**YOUR ASSIGNMENT:**
Copying exactly, give the lines in the material below from the one with "#[derive(Clone, Copy, Debug, PartialEq, Eq, Error)]" to the one with "mod output;", ends included, and nothing besides.

**DATASET RECORDS:**

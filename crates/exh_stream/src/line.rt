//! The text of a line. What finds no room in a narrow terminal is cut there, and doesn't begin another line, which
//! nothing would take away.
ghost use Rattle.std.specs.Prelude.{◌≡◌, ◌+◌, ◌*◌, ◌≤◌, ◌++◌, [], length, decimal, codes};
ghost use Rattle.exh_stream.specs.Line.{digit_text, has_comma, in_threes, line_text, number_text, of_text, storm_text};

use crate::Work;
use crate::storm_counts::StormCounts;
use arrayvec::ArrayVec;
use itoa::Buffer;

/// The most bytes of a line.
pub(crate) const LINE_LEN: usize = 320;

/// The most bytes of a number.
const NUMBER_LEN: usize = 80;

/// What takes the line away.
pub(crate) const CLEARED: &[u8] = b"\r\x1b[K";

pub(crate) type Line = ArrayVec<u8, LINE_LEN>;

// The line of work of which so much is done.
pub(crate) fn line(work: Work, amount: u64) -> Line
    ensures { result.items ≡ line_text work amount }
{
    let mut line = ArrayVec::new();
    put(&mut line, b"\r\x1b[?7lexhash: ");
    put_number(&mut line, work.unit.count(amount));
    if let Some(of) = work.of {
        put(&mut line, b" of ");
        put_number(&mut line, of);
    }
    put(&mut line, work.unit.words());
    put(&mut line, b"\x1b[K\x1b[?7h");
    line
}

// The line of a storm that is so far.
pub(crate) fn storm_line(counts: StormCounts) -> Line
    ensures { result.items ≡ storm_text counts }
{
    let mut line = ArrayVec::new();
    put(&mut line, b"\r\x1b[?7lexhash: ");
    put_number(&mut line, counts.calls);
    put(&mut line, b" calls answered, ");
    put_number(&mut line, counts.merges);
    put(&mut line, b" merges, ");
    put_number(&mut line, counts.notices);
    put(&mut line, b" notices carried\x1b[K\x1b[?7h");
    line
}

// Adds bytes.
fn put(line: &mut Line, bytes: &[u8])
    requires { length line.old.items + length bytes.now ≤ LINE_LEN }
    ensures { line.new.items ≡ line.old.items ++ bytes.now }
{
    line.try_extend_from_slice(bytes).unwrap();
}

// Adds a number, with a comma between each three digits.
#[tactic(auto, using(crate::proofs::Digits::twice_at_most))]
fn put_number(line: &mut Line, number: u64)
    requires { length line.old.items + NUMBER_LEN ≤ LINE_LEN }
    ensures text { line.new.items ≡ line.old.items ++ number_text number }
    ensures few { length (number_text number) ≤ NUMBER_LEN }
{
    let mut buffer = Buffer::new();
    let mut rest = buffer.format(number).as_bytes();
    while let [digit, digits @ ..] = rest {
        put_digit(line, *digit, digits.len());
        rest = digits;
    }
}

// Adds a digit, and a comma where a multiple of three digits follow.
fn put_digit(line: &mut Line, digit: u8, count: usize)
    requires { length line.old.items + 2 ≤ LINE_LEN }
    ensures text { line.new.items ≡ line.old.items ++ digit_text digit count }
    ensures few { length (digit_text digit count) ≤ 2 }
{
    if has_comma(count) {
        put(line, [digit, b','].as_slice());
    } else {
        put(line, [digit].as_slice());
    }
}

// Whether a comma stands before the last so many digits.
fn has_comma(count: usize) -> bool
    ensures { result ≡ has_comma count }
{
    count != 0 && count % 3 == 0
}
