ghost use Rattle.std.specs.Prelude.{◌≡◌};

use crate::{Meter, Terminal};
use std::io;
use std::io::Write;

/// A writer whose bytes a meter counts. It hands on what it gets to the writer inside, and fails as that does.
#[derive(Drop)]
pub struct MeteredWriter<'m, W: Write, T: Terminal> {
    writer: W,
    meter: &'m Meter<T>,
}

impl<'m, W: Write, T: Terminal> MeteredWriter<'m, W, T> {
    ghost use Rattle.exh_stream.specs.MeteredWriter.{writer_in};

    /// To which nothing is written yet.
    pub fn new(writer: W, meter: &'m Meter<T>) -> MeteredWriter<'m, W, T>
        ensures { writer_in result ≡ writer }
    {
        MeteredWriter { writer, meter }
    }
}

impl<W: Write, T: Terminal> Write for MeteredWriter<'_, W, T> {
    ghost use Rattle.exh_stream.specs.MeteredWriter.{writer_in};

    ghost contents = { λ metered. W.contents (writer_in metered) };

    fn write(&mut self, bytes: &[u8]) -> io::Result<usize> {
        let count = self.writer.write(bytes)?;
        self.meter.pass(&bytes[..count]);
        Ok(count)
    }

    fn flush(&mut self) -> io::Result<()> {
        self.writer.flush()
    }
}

* * *

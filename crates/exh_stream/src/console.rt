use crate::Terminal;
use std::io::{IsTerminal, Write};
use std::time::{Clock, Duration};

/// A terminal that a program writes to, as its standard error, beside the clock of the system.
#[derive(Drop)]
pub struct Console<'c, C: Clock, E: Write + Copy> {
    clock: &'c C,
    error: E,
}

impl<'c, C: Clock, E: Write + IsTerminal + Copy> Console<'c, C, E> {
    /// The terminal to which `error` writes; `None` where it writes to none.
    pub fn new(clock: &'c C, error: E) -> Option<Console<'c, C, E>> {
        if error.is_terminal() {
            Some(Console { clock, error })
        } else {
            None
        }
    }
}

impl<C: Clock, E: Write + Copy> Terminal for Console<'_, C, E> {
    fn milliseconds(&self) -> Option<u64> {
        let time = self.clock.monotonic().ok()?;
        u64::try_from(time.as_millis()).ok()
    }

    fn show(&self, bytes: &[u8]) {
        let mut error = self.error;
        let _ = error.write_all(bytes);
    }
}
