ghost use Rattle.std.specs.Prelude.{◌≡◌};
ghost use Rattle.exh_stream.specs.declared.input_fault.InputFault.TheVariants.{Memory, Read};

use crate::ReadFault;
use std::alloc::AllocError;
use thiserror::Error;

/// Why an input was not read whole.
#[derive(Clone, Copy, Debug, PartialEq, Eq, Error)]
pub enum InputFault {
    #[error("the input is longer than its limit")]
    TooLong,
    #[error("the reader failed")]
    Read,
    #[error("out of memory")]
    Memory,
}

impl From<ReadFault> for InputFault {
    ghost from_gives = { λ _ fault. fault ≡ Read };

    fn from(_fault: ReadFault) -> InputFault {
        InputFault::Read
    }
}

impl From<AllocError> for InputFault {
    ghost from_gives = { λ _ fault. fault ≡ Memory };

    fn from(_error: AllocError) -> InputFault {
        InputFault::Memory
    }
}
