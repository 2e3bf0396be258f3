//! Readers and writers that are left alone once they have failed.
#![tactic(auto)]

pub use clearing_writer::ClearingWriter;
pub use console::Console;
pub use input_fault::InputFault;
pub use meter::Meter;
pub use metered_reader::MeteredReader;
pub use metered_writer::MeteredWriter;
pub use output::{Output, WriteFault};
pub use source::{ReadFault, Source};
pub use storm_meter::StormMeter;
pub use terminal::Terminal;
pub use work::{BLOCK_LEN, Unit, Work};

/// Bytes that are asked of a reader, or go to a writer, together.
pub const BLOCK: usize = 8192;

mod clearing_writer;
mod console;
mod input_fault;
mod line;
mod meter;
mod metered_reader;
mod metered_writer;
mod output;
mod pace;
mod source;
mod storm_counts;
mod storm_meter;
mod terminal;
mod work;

**PROBLEM SOLUTION:**
#[derive(Clone, Copy, Debug, PartialEq, Eq, Error)]
pub enum InputFault {
    #[error("the input is longer than its limit")]
    TooLong,
    #[error("the reader failed")]
    Read,
    #[error("out of memory")]
    Memory,
}

impl From<ReadFault> for InputFault {
    ghost from_gives = { λ _ fault. fault ≡ Read };

    fn from(_fault: ReadFault) -> InputFault {
        InputFault::Read
    }
}

impl From<AllocError> for InputFault {
    ghost from_gives = { λ _ fault. fault ≡ Memory };

    fn from(_error: AllocError) -> InputFault {
        InputFault::Memory
    }
}
repository 2e3bf0396be258f3
//! Readers and writers that are left alone once they have failed.
#![tactic(auto)]

pub use clearing_writer::ClearingWriter;
pub use console::Console;
pub use input_fault::InputFault;
pub use meter::Meter;
pub use metered_reader::MeteredReader;
pub use metered_writer::MeteredWriter;
pub use output::{Output, WriteFault};
pub use source::{ReadFault, Source};
pub use storm_meter::StormMeter;
pub use terminal::Terminal;
pub use work::{BLOCK_LEN, Unit, Work};

/// Bytes that are asked of a reader, or go to a writer, together.
pub const BLOCK: usize = 8192;

mod clearing_writer;
mod console;
mod input_fault;
mod line;
mod meter;
mod metered_reader;
mod metered_writer;
mod output;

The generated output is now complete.